# Skredvatn See bei Hauggrend



## gmarty (26. Januar 2012)

Hallo Anglerkollegen ... erstmal ein kräftiges Petri Heil an alle -- werde mich kurz vorstellen komme aus den raum wien bin 42 jahre -- fahre diese Jahr das erste mal an einen Binnensee ( Skredvatn liegt bei Hauggrend ) fischen und würde mich freue über einige Tipps von euch.

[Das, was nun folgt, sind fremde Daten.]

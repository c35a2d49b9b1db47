//! Disks in memory of which a stop leaves any part of what wasn't synced.
use crate::luck::Luck;
use lynx_names::Memory;
use sqlite_disk::{Crash, Disk, Fuse, Memory as File};
use std::alloc::Global;

/// A disk of which a stop leaves any part of what wasn't synced.
pub trait Tearing: Disk + Drop + Sized {
    /// A disk that holds nothing yet, and passes so many calls on.
    fn blank(alloc: Global, calls: u64) -> Self;

    /// The disk after the machine stopped and came back, which passes so many calls on.
    fn come_back(self, alloc: Global, calls: u64, luck: &mut Luck) -> Result<Self, Memory>;
}

/// What a file may hold after a stop: in some pieces what was written, in others what was synced,
/// and any length between.
fn torn_bytes(
    alloc: Global,
    written: &[u8],
    synced: &[u8],
    luck: &mut Luck,
) -> Result<Vec<u8>, Memory> {
    let least = written.len().min(synced.len());
    let most = written.len().max(synced.len());
    let more = luck.below((most.saturating_sub(least) as u64).saturating_add(1)) as usize;
    let piece = luck.below(2000);
    let mut is_written = luck.once_in(2);
    let mut bytes = Vec::new(alloc);
    for place in 0..least.saturating_add(more) {
        if luck.once_in(piece) {
            is_written = !is_written;
        }
        let held = if is_written { written } else { synced };
        bytes.push(held.get(place).copied().unwrap_or(0))?;
    }
    Ok(bytes)
}

/// A disk that holds these bytes for good, and passes so many calls on.
pub fn holding(alloc: Global, bytes: &[u8], calls: u64) -> Result<Fuse<File>, Memory> {
    let mut file = File::new(alloc);
    if !file.may_be_used() || file.write_at(0, bytes).is_err() || file.sync().is_err() {
        return Err(Memory);
    }
    Ok(Fuse::new(file, calls))
}

/// The disk after a stop, which passes so many calls on.
fn torn(
    alloc: Global,
    mut disk: Fuse<File>,
    calls: u64,
    luck: &mut Luck,
) -> Result<Fuse<File>, Memory> {
    let written = Vec::from_slice(alloc, disk.inner().bytes())?;
    disk.crash();
    let bytes = torn_bytes(alloc, written.as_slice(), disk.inner().bytes(), luck)?;
    holding(alloc, bytes.as_slice(), calls)
}

impl Tearing for Fuse<File> {
    fn blank(alloc: Global, calls: u64) -> Fuse<File> {
        Fuse::new(File::new(alloc), calls)
    }

    fn come_back(self, alloc: Global, calls: u64, luck: &mut Luck) -> Result<Fuse<File>, Memory> {
        torn(alloc, self, calls, luck)
    }
}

Tipps : Köder? , Lizenz, Erfahrungen, Rute und Rolle?

Danke im vorhinein


----------



## Tomasz (30. Januar 2012)

*AW: Skredvatn See bei Hauggrend*

Hier hast Du ein paar offizielle Infos zu dem Gebiet. Es handelt sich dabei um den "Fiskeguide for Fyrsedal" mit Infos zu Fischen, Gewässern, Preisen, Adressen usw. Ist allerdings auf norwegisch:
http://www.fyresdal.kommune.no/Tenester/Tenestekatalog/Bygdeutvikling/~/media/Fyresdal/Dokument/Naering_bygdeutvikling/Utmark_jakt_fiske/Fiskeguide_norsk.ashx
Lässt sich eigentlich als pdf-Datei öffnen. Musst Du mal probieren. Wenn der Link nicht funktioniert hilft es im Download die Datei nochmal als pdf zu öffnen. 
Wenns garnicht klappt, schicke mir mal eine private Nachricht mit Deiner email-adresse, dann sende ich Dir den Fiskeguide als pdf zu.
Selbst war ich noch nicht dort und kann daher nicht aus erster Hand berichten.

Gruß

Tomasz


----------



## gmarty (31. Januar 2012)

*AW: Skredvatn See bei Hauggrend*

Hallo,

Danke für den Link  - hat sehr gut gefunkt.

Martin


----------